O dziennikarstwie na klęczkach, uzdrowieniach w Manoppello i o powrocie oblicza Boga z Paulem Badde rozmawia Jacek Dziedzina.
Niemiecka ekipa odkryła i rozpowszechniła wizerunek z Manoppello: siostra Blandina Paschalis Schlömer, Paul Badde, kard. Meisner, Joseph Ratzinger... Czy to jakiś znak czasu dla Niemców?– Możliwe. Musi być jakaś przyczyna takiego składu. Może to dlatego, że właśnie w Niemczech, w czasach reformacji, zaczął się ostatni wielki ruch ikonoklazmu, walki z obrazami, wizerunkami Boga.

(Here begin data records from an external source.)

//! The handlers of an event.

use crate::samples::{event, service, text, texts};
use event_admin::{Event, Topic};
use event_handlers::{Handlers, handlers_of};
use prop_map::{OutOfMemory, Value};
use service_registry::ServiceRow;
use std::alloc::Global;

// A handler with these topics and such a filter.
fn filtered(
    alloc: Global,
    id: u64,
    ranking: i64,
    topics: &str,
    filter: Value,
) -> Result<ServiceRow, OutOfMemory> {
    let topics = text(alloc, topics)?;
    let mut row = service(alloc, id, ranking, "event.topics", topics)?;
    row.properties.set(alloc, "event.filter", filter)?;
    Ok(row)
}

// A handler with these topics and this filter.
fn filtered_by(
    alloc: Global,
    id: u64,
    ranking: i64,
    topics: &str,
    filter: &str,
) -> Result<ServiceRow, OutOfMemory> {
    let filter = text(alloc, filter)?;
    filtered(alloc, id, ranking, topics, filter)
}

fn plain(alloc: Global, topics: &str) -> Result<ServiceRow, OutOfMemory> {
    let topics = text(alloc, topics)?;
    service(alloc, 1, 0, "event.topics", topics)
}

fn two_handlers(alloc: Global) -> Result<[ServiceRow; 2], OutOfMemory> {
    let plain = plain(alloc, "a/*")?;
    match filtered_by(alloc, 2, 1, "a/b", "(v>=2)") {
        Ok(filtered) => Ok([plain, filtered]),
        Err(error) => Err(error),
    }
}

fn are_handlers(alloc: Global, rows: &[ServiceRow], event: &Event, expected: &[u64]) -> bool {
    match handlers_of(alloc, rows, event) {
        Ok(numbers) => numbers.as_slice() == expected,
        Err(_) => false,
    }
}

fn are_of_event(alloc: Global, handlers: &Handlers, event: &Event, expected: &[u64]) -> bool {
    match handlers.of_event(alloc, event) {
        Ok(numbers) => numbers.as_slice() == expected,
        Err(_) => false,
    }
}

fn are_read_handlers(alloc: Global, rows: &[ServiceRow], event: &Event, expected: &[u64]) -> bool {
    match Handlers::of(alloc, rows) {
        Ok(handlers) => are_of_event(alloc, &handlers, event, expected),
        Err(_) => false,
    }
}

fn handled(
    alloc: Global,
    rows: &[ServiceRow],
    topic: &Topic<'_>,
    v: i64,
    expected: &[u64],
) -> bool {
    match event(alloc, topic, v) {
        Ok(event) => {
            are_handlers(alloc, rows, &event, expected)
                && are_read_handlers(alloc, rows, &event, expected)
        }
        Err(_) => false,
    }
}

// Whether these services handle an event, by their rows and by what was read of them.
fn handled_by(alloc: Global, rows: &[ServiceRow], topic: &str, v: i64, expected: &[u64]) -> bool {
    match Topic::parse(topic) {
        Ok(topic) => handled(alloc, rows, &topic, v, expected),
        Err(_) => false,
    }
}

fn one_handles(alloc: Global, row: Result<ServiceRow, OutOfMemory>, topic: &str) -> bool {
    match row {
        Ok(row) => handled_by(alloc, &[row], topic, 1, &[1]),
        Err(_) => false,
    }
}

fn two_handle(alloc: Global) -> bool {
    match two_handlers(alloc) {
        Ok(rows) => {
            handled_by(alloc, &rows, "a/b", 1, &[1])
                && handled_by(alloc, &rows, "a/b", 3, &[2, 1])
                && handled_by(alloc, &rows, "a", 3, &[])
                && handled_by(alloc, &rows, "ab", 3, &[])
        }
        Err(_) => false,
    }
}

#[test]
fn the_better_handler_comes_first(rt: HostRuntime) {
    assert!(rt; two_handle(rt.alloc()));
}

// One with several topics, of which one is none.
fn of_several(alloc: Global) -> Result<ServiceRow, OutOfMemory> {
    let topics = texts(alloc, &["c", "a//b", "a/b"])?;
    service(alloc, 1, 0, "event.topics", topics)
}

#[test]
fn one_of_several_topics_is_enough(rt: HostRuntime) {
    assert!(rt; one_handles(rt.alloc(), of_several(rt.alloc()), "a/b"));
}

#[test]
fn a_filter_sees_the_topic(rt: HostRuntime) {
    let row = filtered_by(rt.alloc(), 1, 0, "*", "(event.topics=a/b)");
    assert!(rt; one_handles(rt.alloc(), row, "a/b"));
}

fn number_covers_nothing(alloc: Global) -> bool {
    match service(alloc, 1, 0, "event.topics", Value::Whole(1)) {
        Ok(row) => handled_by(alloc, &[row], "a", 1, &[]),
        Err(_) => false,
    }
}

#[test]
fn topics_that_are_no_text_cover_nothing(rt: HostRuntime) {
    assert!(rt; number_covers_nothing(rt.alloc()));
}

// Two whose filters are none, and a third.
fn bad_filters(alloc: Global) -> Result<[ServiceRow; 3], OutOfMemory> {
    let bad = filtered_by(alloc, 1, 0, "*", "(v>=2")?;
    let number = filtered(alloc, 2, 0, "*", Value::Whole(2))?;
    match filtered_by(alloc, 3, 0, "*", "(v>=2)") {
        Ok(good) => Ok([bad, number, good]),
        Err(error) => Err(error),
    }
}

fn third_handles(alloc: Global) -> bool {
    match bad_filters(alloc) {
        Ok(rows) => handled_by(alloc, &rows, "a", 2, &[3]),
        Err(_) => false,
    }
}

#[test]
fn a_filter_that_is_none_keeps_its_handler_out(rt: HostRuntime) {
    assert!(rt; third_handles(rt.alloc()));
}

Jakby Bóg chciał, żeby ludzie dzisiaj na nowo odkryli Jego twarz. „Szukaj Jego oblicza...”.– Tak, to znak naszych czasów. Prawosławny teolog rosyjski Zenon Archimandryta mówi, że w czasach ikonoklazmu Kościół bronił obrazów. Teraz, kiedy Kościół jest w potrzebie, obrazy wróciły, żeby bronić Kościoła. Żyjemy w czasach obrazów. W czasie, w którym wracają twarze. Wizerunek z Manoppello istniał przecież przez stulecia, ale niewiele osób o nim wiedziało. Teraz jest czas twarzy, obrazów.
Napisałeś, że nawet w Watykanie trudna jest ta mowa i nie brakuje sceptyków.– Wiemy, że diabeł nie śpi. Na Grenlandii, na Syberii, na innych pustkowiach diabeł jest trochę bezrobotny. Tutaj, w Watykanie, ma ręce pełne roboty. I robi, co może.Nie można o tym zapominać.
W kolejnych krajach ukazują się wydania Twojej książki o Manoppello. Czy świat przyjmie wizerunek z Manoppello i dzięki niemu uwierzy, że Jezus żyje?– O to trzeba się modlić. Ale pamiętajmy, że Chrystus był ukrzyżowany. Nie możemy więc oczekiwać, że ten wizerunek zostanie przez cały świat przyjęty, bo pokazuje twarz Tego, którego świat odrzucił.
Paul BaddeUrodzony w 1948 roku, niemiecki dziennikarz, od 1980 r. pracował dla Frankfurter Allgemeine Zeitung, potem korespondent dziennika „Die Welt” w Rzymie, autor m.in. książek „Guadalupe. Objawienie, które zmieniło dzieje świata” i „Boskie Oblicze. Całun z Manoppello”.